Após os atentados de 11 de setembro de 2001, o governo dos EUA aprovou uma série de medidas para proteger os cidadãos americanos da ameaça do terrorismo internacional. Entre as medidas adotadas estão:
- acordos de cooperação militar e tecnológica com países aliados; e a prisão imediata de árabes e muçulmanos que residissem nos EUA.
- a realização de ataques preventivos a países suspeitos de sediarem grupos terroristas; e a restrição da liberdade e dos direitos civis de suspeitos de associação com o terrorismo.
- apoio logístico e financeiro a países que combatessem grupos terroristas em seus territórios; e a preservação dos direitos civis de suspeitos.
- ataques preventivos a países suspeitos de sediarem grupos terroristas; e a flexibilização do ingresso nos EUA de pessoas de qualquer região do mundo.
- acordos de cooperação militar com países suspeitos de sediarem grupos terroristas; e a preservação dos princípios de liberdade individual e autonomia dos povos.
O fim da Guerra Fria e da bipolaridade gerou expectativas de uma ordem internacional com menos conflitos e multipolar. O panorama estratégico do mundo pós-Guerra Fria apresenta:
- o aumento de conflitos internos associados ao nacionalismo, às disputas étnicas, ao extremismo religioso e ao fortalecimento de ameaças como o terrorismo, o tráfico de drogas e o crime organizado.
- o fim da corrida armamentista e a redução dos gastos militares das grandes potências, com maior estabilidade na Europa e na Ásia.
- o desengajamento das grandes potências, pois as intervenções passaram a ser feitas apenas pela ONU, com maior envolvimento de emergentes.
- a plena vigência do Tratado de Não Proliferação, que afastou a possibilidade de um conflito nuclear como ameaça global.
- a condição dos EUA como única superpotência, mas que se submetem às decisões da ONU quanto às ações militares.
O terrorismo não tem outra ideologia que não seja a exaltação da morte […]. Mas o que se instalou no âmbito global e transformou a vida política é o terrorismo de origem islâmico-fundamentalista e o contraterrorismo dos Estados, que fizeram do planeta um campo de batalha onde sobretudo morrem civis. (Manuel Castells. Ruptura, 2018.)
O excerto identifica o terrorismo contemporâneo como um fenômeno:
- mundial, praticado tanto por grupos externos ao controle estatal quanto por regimes políticos institucionalizados.

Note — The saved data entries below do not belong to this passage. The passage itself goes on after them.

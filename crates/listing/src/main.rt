// 01, "Known nets": writes the net of the plan on standard input, or why the plan is refused.
#![tactic(auto)]

mod lines;

// As many bytes as a plan may have, and one more: enough to see that it is too long.
const PLAN_ROOM: usize = field::PLAN_LIMIT + 1;

const ROWS_ROOM: usize = 6 * field::TRANSITION_LIMIT;

// A write that fails is passed over.
fn list(rt: &impl Print, plan: &[u8]) {
    let mut kinds = [0; field::PLACE_LIMIT];
    let mut rows = [0; ROWS_ROOM];
    let mut arcs = [0; field::ARC_LIMIT];
    match compile::compile(plan, &mut kinds, &mut rows, &mut arcs) {
        Ok(net) => {
            let _ = println!(rt; "{net}");
            lines::write_transitions(rt, &rows, net.transitions, &arcs);
        }
        Err(refusal) => {
            let _ = println!(rt; "{refusal}");
        }
    }
}

fn main(rt: HostRuntime) {
    let mut plan = [0; PLAN_ROOM];
    match console::read_all(&mut rt.stdin(), &mut plan) {
        Ok(n) => list(&rt, &plan[..n]),
        Err(e) => {
            let _ = eprintln!(rt; "plan: {e}");
        }
    }
}
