// The lines of transitions, by way of a buffer that goes to standard output whenever it is full: a write there costs more than a line.
ghost use Rattle.std.specs.Prelude.{◌<◌};

use std::fmt::{self, Write};

const ROOM: usize = 4096;

// "second action or 65,535"
const NO_SECOND: u16 = field::NO_SECOND as u16;

// Text on its way to standard output. A write that fails is passed over.
#[derive(Drop)]
struct Lines<'a, P> {
    to: &'a P,
    text: [u8; ROOM],
    len: usize,
    ghost within: { len < 4096 },
}

impl<P: Print> Lines<'_, P> {
    fn put(&mut self, byte: u8) {
        let at = self.len;
        self.text[at] = byte;
        if at + 1 < ROOM {
            self.len = at + 1;
        } else {
            let _ = self.to.write_all(&self.text);
            self.len = 0;
        }
    }

    fn flush(&mut self) {
        let _ = self.to.write_all(&self.text[..self.len]);
        self.len = 0;
    }
}

impl<P: Print> fmt::Write for Lines<'_, P> {
    fn write_str(&mut self, s: &str) -> fmt::Result {
        for &byte in s.as_bytes() {
            self.put(byte);
        }
        Ok(())
    }
}

// "number, label, first and second action (`-` for none), inputs, outputs"
fn write_transition<W: Write>(out: &mut W, t: usize, row: &[u16], arcs: &[u16]) -> fmt::Result {
    let &[label, first, second, start, inputs, outputs] = row else {
        return Ok(());
    };
    write!(out, "t {t} {label} {first}")?;
    if second == NO_SECOND {
        out.write_str(" -")?;
    } else {
        write!(out, " {second}")?;
    }
    // From the transition's own arcs on: to skip those before it one by one would cost more than to write it.
    let mut places = arcs[usize::from(start).min(arcs.len())..].iter();
    out.write_str(" :")?;
    for place in places.by_ref().take(usize::from(inputs)) {
        write!(out, " {place}")?;
    }
    out.write_str(" >")?;
    for place in places.take(usize::from(outputs)) {
        write!(out, " {place}")?;
    }
    out.write_str("\n")
}

/// The lines of the first transitions of a net's rows, so many.
pub fn write_transitions<P: Print>(rt: &P, rows: &[u16], transitions: usize, arcs: &[u16]) {
    let mut out = Lines {
        to: rt,
        text: [0; ROOM],
        len: 0,
    };
    for (t, row) in rows.chunks_exact(6).take(transitions).enumerate() {
        let _ = write_transition(&mut out, t, row, arcs);
    }
    out.flush();
}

- regional, presente nas distintas partes do planeta, mas sempre resultante de disputas restritas a interesses locais e particulares.
- relacionado ao crime organizado, que se manifesta tanto por estratégias clandestinas quanto por corporações legalizadas.
- associado a ideologias extremistas de direita ou de esquerda, que agem para obter o controle de aparatos políticos estatais.
- étnico e religioso, por resultar de ações de grupos perseguidos, que recorrem à ação armada para reivindicar seus direitos.
Texto 1: o recurso ao terror por quem já detém o poder no Estado não é uma forma de terrorismo político, pois este é o instrumento de grupos que buscam derrubar um governo. Texto 2: em outros casos, os terroristas combatem contra um Estado do qual não fazem parte, de forma irregular, sem exército e sem limites territoriais. (Dicionário de Política, BOBBIO et al., 1986.)
É possível comparar e distinguir os seguintes eventos:
I. Os movimentos guerrilheiros e de libertação nacional na África e no sudeste asiático (1950-70) são exemplos do primeiro caso.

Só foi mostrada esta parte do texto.